Sitting behavior (hours) was measured using the Workforce Sitting Questionnaire (Chau, van der Ploeg, Dunn, Kurko, & Bauman, 2011). The items addressed the duration of sitting in transport, for work, while using a computer and during leisure activities on both a work and nonwork day. Time spent sitting in each domain was truncated to a maximum of 12 hours a day and the total time spent sitting on a typical work or nonwork day was truncated to 16 hours a day, to exclude time spent sleeping. Participants not in paid employment or who had not worked in the past 7 days reported their sitting time on a “typical day.” Participants who had worked in the past 7 days in paid employment reported their sitting time for both a typical work and nonwork day and their daily sitting time was calculated by averaging across the work and nonwork days. The Workforce Sitting Questionnaire has demonstrated adequate test–retest reliability (intraclass correlation coefficient = 0.63) and validity (r = .45; Chau et al., 2011). Time spent sitting was categorized as “≤8 hours sitting” and “>8 hours sitting,” with participants in the latter category considered at risk of developing a chronic disease (van der Ploeg, Chey, Korda, Banks, & Bauman, 2012).

Physical activity was measured using the Active Australia Survey (AAQ), which assesses the duration and frequency of participating in walking, moderate intensity activities, vigorous intensity activities, and gardening or yard work. Total physical activity was computed using the following formula: walk time + moderate activity time + (2 × vigorous activity time), which is based on the guidelines for analyzing and reporting AAQ items (Australian Institute of Health and Welfare, 2003). The AAQ has demonstrated good test–retest reliability (intraclass correlation coefficient = 0.64) and validity (r = .61; Fjeldsoe, Winkler, Marshall, Eakin, & Reeves, 2013).

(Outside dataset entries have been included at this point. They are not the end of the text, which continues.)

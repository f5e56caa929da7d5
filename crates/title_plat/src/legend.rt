//! The key of a picture: for each letter, colour and hatching the owners whose shares it stands for.

use crate::canvas::{Area, Canvas};
use crate::owners::Keyed;
use crate::paint::key_text;
use crate::row::Row;
use crate::width::{shortened, text_width};
use std::alloc::AllocError;

/// The height of a line of the key or of a table.
pub(crate) const LINE: u32 = 20;

// Where the columns of the key stand, from its left side.
const NAMES: u32 = 52;

const SHARES: u32 = 560;

/// Writes a name, cut short where it is wider than so much; then the whole is shown where it is pointed at.
pub(crate) fn add_name(
    canvas: &mut Canvas,
    x: u32,
    y: u32,
    width: u32,
    name: &str,
) -> Result<(), AllocError> {
    let short = shortened(canvas.alloc, name, 13, width)?;
    canvas.begin(name)?;
    canvas.text(x, y, "l13", short.as_str())?;
    canvas.end()
}

// Writes the owners of one holding, a line each, from this height on.
fn add_owners(canvas: &mut Canvas, x: u32, top: u32, owners: &[Row]) -> Result<u32, AllocError> {
    let mut y = top;
    for row in owners {
        let share = format!(in canvas.alloc; "{}", row.share)?;
        let room = (SHARES - NAMES - 16).saturating_sub(text_width(share.as_str(), 13));
        add_name(canvas, x.saturating_add(NAMES), y, room, row.party.as_str())?;
        canvas.text(x.saturating_add(SHARES), y, "r13", share.as_str())?;
        y = y.saturating_add(LINE);
    }
    Ok(y)
}

// Writes one holding from this height on.
fn add_holding(
    canvas: &mut Canvas,
    x: u32,
    top: u32,
    keyed: &Keyed<'_>,
) -> Result<u32, AllocError> {
    let swatch = Area {
        x,
        y: top.saturating_sub(14),
        width: 38,
        height: 18,
    };
    canvas.filled(swatch, keyed.key)?;
    let key = key_text(canvas.alloc, keyed.key)?;
    canvas.rect(
        Area {
            x: x.saturating_add(11),
            y: top.saturating_sub(12),
            width: 16,
            height: 14,
        },
        "halo",
    )?;
    canvas.text(swatch.middle(), top.saturating_sub(1), "k12", key.as_str())?;
    let y = add_owners(canvas, x, top, keyed.owners)?;
    Ok(y.saturating_add(6))
}

/// Writes the key, each holding once, from this height on, and answers where it ends.
pub(crate) fn add_legend(
    canvas: &mut Canvas,
    x: u32,
    top: u32,
    parts: &[Keyed<'_>],
) -> Result<u32, AllocError> {
    canvas.text(x, top, "head", "Key")?;
    canvas.text(x.saturating_add(NAMES), top, "head", "Owners")?;
    canvas.text(x.saturating_add(SHARES), top, "rhead", "Share")?;
    let rule = top.saturating_add(7);
    canvas.line((x, rule), (x.saturating_add(SHARES), rule), "rule")?;
    let mut y = top.saturating_add(28);
    let mut next: usize = 0;
    for keyed in parts {
        if keyed.key == next {
            y = add_holding(canvas, x, y, keyed)?;
            next = next.saturating_add(1);
        }
    }
    Ok(y)
}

Participants were considered sufficiently active for health benefits if they had accumulated at least 150 minutes of total physical activity over 1 week, based on the National Physical Activity Guidelines for Australians (Australian Government, Department of Health, 2014).

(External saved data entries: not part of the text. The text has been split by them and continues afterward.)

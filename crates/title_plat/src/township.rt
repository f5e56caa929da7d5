//! A township as its 36 sections.

use crate::acres::half_acres_of;
use crate::canvas::{Area, Canvas};
use crate::label::{acres_text, tip};
use crate::owners::Keyed;
use crate::paint::key_text;
use crate::positions::position_of;
use crate::section::area_in;
use crate::squares::square_in;
use std::alloc::AllocError;
use title_aliquot::{Section, Township};
use title_instrument::Estate;

// The pixels of a section's side in a township's panel, and of a cell's.
const SECTION: u32 = 64;

const CELL: u32 = 4;

// The classes and the heights, from the top of a square, of the label of a part with this side: its key, and its acres.
fn label_type(side: u32) -> ((&'static str, u32), (&'static str, u32)) {
    if side >= 64 {
        return (("k14", 35), ("c9", 48));
    }
    if side >= 32 {
        return (("k10", 20), ("c8", 29));
    }
    (("k8", 11), ("c7", 16))
}

// Writes a part's key and, where there is room, its acres.
fn add_label(canvas: &mut Canvas, area: Area, keyed: &Keyed<'_>) -> Result<(), AllocError> {
    if area.width < 16 {
        return Ok(());
    }
    let ((key_class, key_y), (class, acres_y)) = label_type(area.width);
    let key = key_text(canvas.alloc, keyed.key)?;
    let acres = acres_text(canvas.alloc, keyed, "")?;
    let has_acres = area.width >= 32 && half_acres_of(keyed.part.node, 0) <= 1_280;
    let (x, y) = (area.middle(), area.y.saturating_add(key_y));
    let height = if has_acres {
        acres_y.saturating_sub(key_y).saturating_add(12)
    } else {
        13
    };
    let halo = Area {
        x: x.saturating_sub(area.width / 4).saturating_add(1),
        y: y.saturating_sub(10),
        width: (area.width / 2).saturating_sub(2),
        height: height.min(area.height.saturating_sub(4)),
    };
    canvas.rect(halo, "halo")?;
    canvas.text(x, y, key_class, key.as_str())?;
    if has_acres {
        canvas.text(x, area.y.saturating_add(acres_y), class, acres.as_str())?;
    }
    Ok(())
}

// Draws a part in a section.
fn add_part(
    canvas: &mut Canvas,
    square: Area,
    section: Section,
    keyed: &Keyed<'_>,
) -> Result<(), AllocError> {
    let Some(rectangle) = square_in(section, &keyed.part.node) else {
        return Ok(());
    };
    let area = area_in(square, rectangle, CELL);
    let tip = tip(canvas.alloc, keyed)?;
    canvas.begin(tip.as_str())?;
    canvas.filled(area, keyed.key)?;
    add_label(canvas, area, keyed)?;
    canvas.end()
}

// Writes a section's number into its corner, and draws its outline.
fn add_number(canvas: &mut Canvas, square: Area, number: u8) -> Result<(), AllocError> {
    let width = if number < 10 { 10 } else { 16 };
    canvas.rect(
        Area {
            x: square.x.saturating_add(1),
            y: square.y.saturating_add(1),
            width,
            height: 11,
        },
        "halo",
    )?;
    let text = format!(in canvas.alloc; "{number}")?;
    canvas.text(
        square.x.saturating_add(3),
        square.y.saturating_add(10),
        "number",
        text.as_str(),
    )?;
    canvas.rect(square, "section")
}

// Draws a section of a township.
fn add_section(
    canvas: &mut Canvas,
    panel: Area,
    section: Section,
    parts: &[Keyed<'_>],
    estate: Estate,
) -> Result<(), AllocError> {
    let position = position_of(section.number);
    let x = panel
        .x
        .saturating_add(u32::from(position.column).saturating_mul(SECTION));
    let y = panel
        .y
        .saturating_add(u32::from(position.row).saturating_mul(SECTION));
    let square = Area::square(x, y, SECTION);
    for keyed in parts {
        if keyed.part.estate == estate {
            add_part(canvas, square, section, keyed)?;
        }
    }
    add_number(canvas, square, section.number)
}

/// Draws the parts of an estate in a township.
pub(crate) fn add_township(
    canvas: &mut Canvas,
    panel: Area,
    township: Township,
    parts: &[Keyed<'_>],
    estate: Estate,
) -> Result<(), AllocError> {
    canvas.rect(panel, "land")?;
    for section in township.sections() {
        add_section(canvas, panel, section, parts, estate)?;
    }
    canvas.rect(panel, "outline")
}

Alcohol consumption was assessed using the Alcohol Use Disorders Identification Test, which is a valid and reliable three-item alcohol screen scored on a scale ranging from 0 to 12 (Bush, Kivlahan, McDonell, Fihn, & Bradley, 1998). A higher score indicates more hazardous alcohol consumption. Male participants were classified as potentially hazardous drinkers or having an active alcohol use disorder if they scored four points or more and female participants were classified as potentially hazardous drinkers or having an active alcohol use disorder if they scored three points or more, on the basis of the Alcohol Use Disorders Identification Test guidelines (Bush et al., 1998). Smoking status was assessed using a single item: “Are you presently a smoker (smoked at least one cigarette per day for the past month)?” (yes or no).

Health Status Variables

Global health status was assessed using a single item: “Would you say that in general your health is” (response options: excellent, very good, good, fair, or poor); and was recoded as good/excellent and fair/poor (Duncan, Kline, et al., 2014). Height and weight were self-reported and used to calculate body mass index (BMI), according to the following formula: kg/m2.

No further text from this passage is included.